# Black/Carbon Center peice look



## Nismo1997 (Dec 26, 2003)

I was looking around on ebay and found this. I read around that a few members here were looking for one so I try and help out

http://cgi.ebay.com/ebaymotors/ws/eBayISAPI.dll?ViewItem&rd=1&item=7936065273&category=33716


----------



## JayL1967 (Apr 30, 2002)

Nismo1997 said:


> I was looking around on ebay and found this. I read around that a few members here were looking for one so I try and help out
> 
> http://cgi.ebay.com/ebaymotors/ws/eBayISAPI.dll?ViewItem&rd=1&item=7936065273&category=33716


That is regular ugly red center bar
This one is the carbon fiber look


----------



## Nismo1997 (Dec 26, 2003)

Ahh I looked at it fast..Looked black at first..I have the black/ Carbon look on mine


----------



## Slayer2003 (Jun 4, 2003)

ey Jay, the one i found in the local 'yard is alot darker of a color than yours, are there different versions or something? yours almost looks silvery, this was more of a light black/carbon color.


----------



## Nismo1997 (Dec 26, 2003)

*This is mine*


----------



## RockstaR (Nov 22, 2004)

*re*

Would one of those 98-99 center pieces fit a 96 200sx se?


----------



## Shawn (Sep 18, 2002)

^No, totally different taillight design.


----------



## RockstaR (Nov 22, 2004)

*re*

say i installed some aftermarket altezza's for a 98-99 then tossed on the center piece would it be possible then assuming i do alittle custom shiz


----------



## Shawn (Sep 18, 2002)

Sure, it's possible if you have the time and $$$, but more or less a waste of both.


----------



## RockstaR (Nov 22, 2004)

*re*

rofl tru 
im not trying to hyjack the thread but while were on the subject of conversion will the 98-99 rear bumper fit on a 95-97?


----------



## Shawn (Sep 18, 2002)

I'm not sure, although I'd imagine it would. I just put a 98 front bumper on my 97 this morning, has some different mounting points in a few areas, but still fits good.


----------



## RockstaR (Nov 22, 2004)

*re*

i thought about that but personally i like the rear 98-99 better than the rear 95-97 plus my rear bumper is kinda bowed out on the passengerside i think one of my clips is broken


----------



## pete? (Jul 6, 2004)

you would need a sentra trunk, sent tail lights, and some rather involved fabing of the rear fenders, then re paint the moded rear fender areas............... is that worth just wanting an se-l center peice?


----------



## RockstaR (Nov 22, 2004)

hells no lol


----------



## konfuzion3 (Sep 17, 2004)

RockstaR said:


> rofl tru
> im not trying to hyjack the thread but while were on the subject of conversion will the 98-99 rear bumper fit on a 95-97?

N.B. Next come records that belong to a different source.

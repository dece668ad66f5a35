//! The words of a heap in which every block is free.

ghost use Rattle.std.specs.Prelude.{◌≡◌, ℕ, ◌<◌, ◌≤◌, IfOk, length, slice_index};
ghost use Rattle.tx_alloc.specs.Pool.{IsPool, heap_words, place_of_block};
ghost use Rattle.tx_alloc.specs.Spread.{IsSpreadHeap, IsLinked, spread_lists};

use crate::place::{BLOCK_WORDS, FIRST_BLOCK, FIRST_HEAD, LISTS, MOST_BLOCKS};
use std::alloc::{AllocError, Global};

/// Creates the words of a partitioned heap of `blocks` blocks, all free. List 0 has the first
/// eighth of the blocks, list 1 the next eighth and so on; each list ascends, and every other word
/// is 0. So the blocks that one client takes lie together.
pub fn spread_words(alloc: Global, blocks: usize) -> Result<Vec<u64>, AllocError>
    requires some { 1 ≤ blocks }
    requires most { blocks ≤ MOST_BLOCKS }
    ensures words { IfOk result (λ words. IsSpreadHeap words.items blocks) }
    ensures pool { IfOk result (λ words.
        IsPool (λ (a : ℕ). slice_index words.items a) (length words.items)
        (spread_lists blocks) (λ (x : ℕ). 0) 0) }
{
    let mut words = Vec::from_elem(
        alloc,
        0u64,
        FIRST_BLOCK as usize + BLOCK_WORDS as usize * blocks,
    )?;
    let mut first = 0;
    for list in 0..LISTS as usize {
        let end = first + (blocks + (LISTS as usize - 1) - list) / LISTS as usize;
        link_blocks(&mut words, list, first, end);
        first = end;
    }
    Ok(words)
}

/// Links the blocks from `first` up to `end`, exclusive, as a list.
fn link_blocks(words: &mut [u64], list: usize, first: usize, end: usize)
    requires list { list < LISTS }
    requires order { first ≤ end }
    requires most { end ≤ MOST_BLOCKS }
    requires room { heap_words end ≤ length words.old }
    ensures { IsLinked words.old words.new list first end }
{
    words[FIRST_HEAD as usize + list] = link_to(first, end);
    for block in first..end {
        words[FIRST_BLOCK as usize + BLOCK_WORDS as usize * block] = link_to(block + 1, end);
    }
}

/// Returns the pointer to a block before `end`, or to none.
fn link_to(block: usize, end: usize) -> u64
    requires { end ≤ MOST_BLOCKS }
    ensures { result ≡ place_of_block end block }
{
    if block < end {
        (FIRST_BLOCK as usize + BLOCK_WORDS as usize * block) as u64
    } else {
        0
    }
}
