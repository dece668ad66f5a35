//! The eight lists of free blocks, by their numbers.

ghost use Rattle.std.specs.Prelude.{◌≡◌, ◌+◌, ◌%◌, ◌<◌};

use crate::place::{FIRST_HEAD, LISTS};
use std::marker::Model;
use tx_memory::Addr;

/// One of the eight lists of free blocks. In contracts, its number, which is below 8.
#[derive(Clone, Copy, Debug, PartialEq, Eq)]
pub struct FreeList {
    number: u32,
}

impl Model for FreeList {
    ghost use Rattle.std.specs.Prelude.{ℕ, ◌<◌};
    ghost use Rattle.tx_alloc.specs.declared.place.TheConstants.{LISTS};

    ghost Value = { ℕ };

    ghost view = { λ list. list.number };

    ghost invariant = { λ list. list.number < LISTS };

    ghost inverse = { λ n. record { number = n } };
}

impl FreeList {
    /// Returns the list with this number.
    #[inline]
    pub fn new(number: u32) -> FreeList
        requires { number < LISTS }
        ensures { result ≡ number }
    {
        FreeList { number }
    }

    /// Returns the next list. List 0 follows list 7.
    #[inline]
    pub fn next(self) -> FreeList
        ensures { result ≡ (self + 1) % LISTS }
    {
        FreeList {
            number: (self.number + 1) % LISTS,
        }
    }

    /// Returns the list's number.
    #[inline]
    pub fn number(self) -> u32
        ensures number { result ≡ self }
        ensures small { result < LISTS }
    {
        self.number
    }

    /// Returns the address of the word that leads to the list's first block.
    #[inline]
    pub fn head(self) -> Addr
        ensures word { result.0 ≡ FIRST_HEAD + self }
        ensures small { self < LISTS }
    {
        Addr(FIRST_HEAD + self.number)
    }
}
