//! Taking blocks and giving them back.

ghost use Rattle.std.specs.Prelude.{◌≡◌, ◌<◌, IfOk, MatchOption};
ghost use Rattle.tx_alloc.specs.Pool.{HasPool, HasUsed, NoneFree, Taken, Given};

use crate::block::Block;
use crate::list::FreeList;
use crate::place::{FIRST_HEAD, LISTS};
use tx_memory::{Addr, TxMem, load, store};

/// Takes the first block of the first list that has one. The search begins at list `start`, and
/// list 0 follows list 7. Returns `None` if all eight lists are exhausted.
///
/// The block's words are as they were when the block was given back: its first word is the pointer
/// to the next free block.
///
/// Not said: the effect of a refused call on the lists.
pub fn take<M: TxMem>(memory: &mut M, start: FreeList) -> Result<Option<Block>, M::Stop>
    requires pool { HasPool (M.view memory.old) }
    ensures origin { M.origin memory.new ≡ M.origin memory.old }
    ensures answer { IfOk result (λ taken. MatchOption taken
        (NoneFree (M.view memory.old) (M.view memory.new))
        (λ block. Taken (M.view memory.old) (M.view memory.new) start block)) }
{
    let list = start.number();
    for i in 0..LISTS {
        let head = Addr(FIRST_HEAD + (list + i) % LISTS);
        let first = load(memory, head)?;
        if first != 0 {
            let block = Addr(first as u32);
            let next = load(memory, block)?;
            store(memory, head, next)?;
            return Ok(Some(Block(block)));
        }
    }
    Ok(None)
}

/// Gives back a taken block to which nothing leads any more. The block becomes the first of list
/// `start`.
///
/// Not said: the effect of a refused call on the lists.
pub fn give<M: TxMem>(memory: &mut M, start: FreeList, block: Block) -> Result<(), M::Stop>
    requires used { HasUsed (M.view memory.old) block }
    ensures origin { M.origin memory.new ≡ M.origin memory.old }
    ensures list { start < LISTS }
    ensures answer { IfOk result (λ _.
        Given (M.view memory.old) (M.view memory.new) start block) }
{
    let word = block.addr();
    let list = start.number();
    let head = Addr(FIRST_HEAD + list);
    let first = load(memory, head)?;
    store(memory, word, first)?;
    store(memory, head, word.0 as u64)?;
    Ok(())
}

Yes it will fit. I have a 98 sentra rear on my 96 200sx. The front and rears are interchangeable for both. :thumbup:


----------



## xbrandonx (Mar 27, 2004)

Nismo1997 said:


>


thats the one that I have as well.


----------



## Nismo1997 (Dec 26, 2003)

^Sweet, mine came stock :thumbup:


----------



## xbrandonx (Mar 27, 2004)

got mine on ebay...thats an old pic though, the letters are gone too. I would like to get a Grey/CF one off of an SE-L...I look around on ebay all the time but no luck as of yet.


----------



## Slayer2003 (Jun 4, 2003)

konfuzion3 said:


> Yes it will fit. I have a 98 sentra rear on my 96 200sx. The front and rears are interchangeable for both. :thumbup:


pics, cause that doesnt fit without major fabrication.

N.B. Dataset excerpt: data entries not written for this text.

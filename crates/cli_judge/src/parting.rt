//! Writing the part of a history or of its cut, and the resulting statuses.

ghost use Rattle.std.specs.Prelude.{◌≡◌};
ghost use Rattle.judge_part_text.specs.Naming.{shown};
ghost use Rattle.cli_judge.specs.Parting.{WritesPart, WritesPartOf};

use crate::status::{end_by, end_judged};
use cli_common::refuse;
use judge_options::PartWords;
use judge_part_text::{read_names, write_part, write_part_until};
use judge_reservations::Names;
use std::alloc::Global;
use std::io::{Read, Write};
use vac_lines::StreamFault;

/// The refusal of a command line whose words name no scope.
const UNKNOWN_SCOPE: &[u8] = b"error: part needs --customer N or --item KIND ID, \
each at most 64 times; N and ID are from 1 to 4294967295, KIND is car, flight or room\n";

/// Writes the part of a history on the scope of these customers and items, or the part of its cut
/// at the end of the call of a line, and returns the status: 0 if the part was written.
fn part_on<R: Read, W: Write>(
    alloc: Global,
    names: &Names,
    until: Option<u64>,
    input: &mut R,
    output: &mut W,
) -> u8
    ensures { WritesPart (shown names.now) until result
        (R.remaining input.old) (R.remaining input.new)
        (W.contents output.old) (W.contents output.new) }
{
    match until {
        Some(line) => end_judged(write_part_until(alloc, names, line, input, output), output),
        None => end_judged(write_part(alloc, names, input, output), output),
    }
}

/// Writes the part of a history on the scope that words name, or the part of its cut if they give a
/// line, and returns the status: 0 if the part was written.
pub(crate) fn part<R: Read, W: Write, E: Write>(
    alloc: Global,
    words: &PartWords<'_>,
    input: &mut R,
    output: &mut W,
    errors: &mut E,
) -> u8
    ensures { WritesPartOf words.now result (R.remaining input.old) (R.remaining input.new)
        (W.contents output.old) (W.contents output.new) }
{
    match read_names(alloc, words.customers.as_slice(), words.items.as_slice()) {
        Ok(Some(names)) => part_on(alloc, &names, words.until, input, output),
        Ok(None) => refuse(UNKNOWN_SCOPE, errors),
        Err(_) => end_by(StreamFault::Memory, output),
    }
}
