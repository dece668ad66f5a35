//! The judge: reads its command line, and runs the command that it asks for, over the streams that
//! the caller gives.
#![tactic(auto)]

mod files;
mod judging;
mod keys;
mod laws;
mod objects;
mod parting;
mod program;
mod progress;
mod reporting;
mod searching;
mod status;

pub use files::Open;
pub use judge_coverage::Watched;
pub use laws::parts_of_illegal_verdicts_are_written_illegal;
pub use program::{refuse_words, run_words};
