//! Blocks of eight words in a transactional memory: free blocks in eight lists, and taken blocks.
//!
//! Words 8 to 15 are the heads of the lists, and block b starts at word 16 + 8 * b.
//!
//! A pointer is the address of a block's first word, or 0 for none. The first word of a free block
//! leads to the next free block of its list.
#![tactic(auto)]

mod block;
mod fresh;
mod list;
pub mod place;
mod pool;
mod refill;
mod rows;

pub use block::Block;
pub use fresh::spread_words;
pub use list::FreeList;
pub use pool::{give, take};
pub use refill::take_refilling;
pub use rows::rows_are_a_map;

And Jay, what about that bar, why is yours so much brighter mang?


----------



## xbrandonx (Mar 27, 2004)

Slayer2003 said:


> And Jay, what about that bar, why is yours so much brighter mang?

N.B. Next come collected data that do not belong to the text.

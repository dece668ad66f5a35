//! Judging histories of objects that are written as text, and the resulting statuses.

ghost use Rattle.std.specs.Prelude.{◌≡◌, true, false};
ghost use Rattle.judge_coverage.specs.Watching.{inner_of};
ghost use Rattle.judge_text.specs.Program.{HasEnded};
ghost use Rattle.judge_text.specs.Starts.{start_of};
ghost use Rattle.cli_judge.specs.Objects.{JudgesQueue, settings_of};
ghost use Rattle.cli_judge.specs.Reporting.{ReportsBeside};

use crate::progress::ProgressWatcher;
use crate::reporting::{most_watched, report_calls};
use judge_coverage::Watched;
use judge_options::SearchSettings;
use judge_queue::Queue;
use judge_text::{Settings, Starts, TextObject, judge_input};
use std::io::{Read, Write};
use std::time::Clock;

/// Longest line whose call is counted in the figures of a log. A line of a key-value store has the
/// values of a call, and is as long as the text may be.
pub(crate) const LINE_BYTES: usize = 1 << 40;

/// Judges a history of objects, each of which begins in the state that is given for its name, and
/// returns the status: 0 if the history is legal. If the command line asks for progress, writes
/// progress lines to `errors` while it searches.
pub(crate) fn judge_objects<
    T: Clock + AllocGlobal,
    M: TextObject + Drop,
    R: Read,
    W: Write,
    E: Write,
>(
    rt: &T,
    starts: &Starts<M>,
    search: SearchSettings,
    input: &mut R,
    output: &mut W,
    errors: &mut E,
) -> u8
    ensures judged { HasEnded M.rules M.name M.naming M.language (start_of starts.now)
        (settings_of search) result (R.remaining input.old) (R.remaining input.new)
        (W.contents output.old) (W.contents output.new) }
    ensures untold { search.progress ≡ false → E.contents errors.new ≡ E.contents errors.old }
{
    let alloc = rt.alloc();
    let how = Settings {
        level: search.level,
        steps: search.steps,
    };
    if search.progress {
        let mut teller = ProgressWatcher::new(rt, errors);
        judge_input(alloc, starts, how, input, output, &mut teller)
    } else {
        judge_input(alloc, starts, how, input, output, &mut ())
    }
}

/// Judges a history of a queue that is empty at first, and returns the status.
fn judge_empty<T: Clock + AllocGlobal, R: Read, W: Write, E: Write>(
    rt: &T,
    search: SearchSettings,
    input: &mut R,
    output: &mut W,
    errors: &mut E,
) -> u8
    ensures judged { JudgesQueue (settings_of search) result
        (R.remaining input.old) (R.remaining input.new)
        (W.contents output.old) (W.contents output.new) }
    ensures untold { search.progress ≡ false → E.contents errors.new ≡ E.contents errors.old }
{
    let alloc = rt.alloc();
    let starts = Starts::new(alloc, Queue::new(alloc));
    judge_objects(rt, &starts, search, input, output, errors)
}

/// Judges a history of a queue as the command line asks, reports on it, and returns the status: 0
/// if the history is legal.
pub(crate) fn judge_queue<T: Clock + AllocGlobal, R: Read, W: Write, E: Write>(
    rt: &T,
    search: SearchSettings,
    input: &mut Watched<R>,
    output: &mut W,
    errors: &mut E,
) -> u8
    ensures judged { JudgesQueue (settings_of search) result
        (R.remaining (inner_of input.old)) (R.remaining (inner_of input.new))
        (W.contents output.old) (W.contents output.new) }
    ensures reported { ReportsBeside search.progress search.stats false result
        (E.contents errors.old) (E.contents errors.new) }
{
    input.watch(LINE_BYTES, most_watched(search.stats));
    let status = judge_empty(rt, search, input, output, errors);
    report_calls(
        rt.alloc(),
        search.stats,
        false,
        status,
        input.measure_calls(),
        errors,
    );
    status
}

cuz his is from the SE-L, check out nitny-9's site he has it as well (as well as everyone else with a sel)


----------



## Nismo1997 (Dec 26, 2003)

xbrandonx said:


> got mine on ebay...thats an old pic though, the letters are gone too. I would like to get a Grey/CF one off of an SE-L...I look around on ebay all the time but no luck as of yet.


If I find one ill PM ya


----------



## xbrandonx (Mar 27, 2004)

Nismo1997 said:


> If I find one ill PM ya


:thumbup:


----------



## nizzan4u2nv (Apr 14, 2004)

xbrandonx said:


> thats the one that I have as well.


thats not the same. His is from a 99 sel, yours is from an xe. 

Heres mine.


----------



## pete? (Jul 6, 2004)

i love the lip on your wheels :thumbup:


----------



## xbrandonx (Mar 27, 2004)

nizzan4u2nv said:


> thats not the same. His is from a 99 sel, yours is from an xe.
> 
> Heres mine.


Mine and nismo97's are the same, however I want the one that Jay has.


----------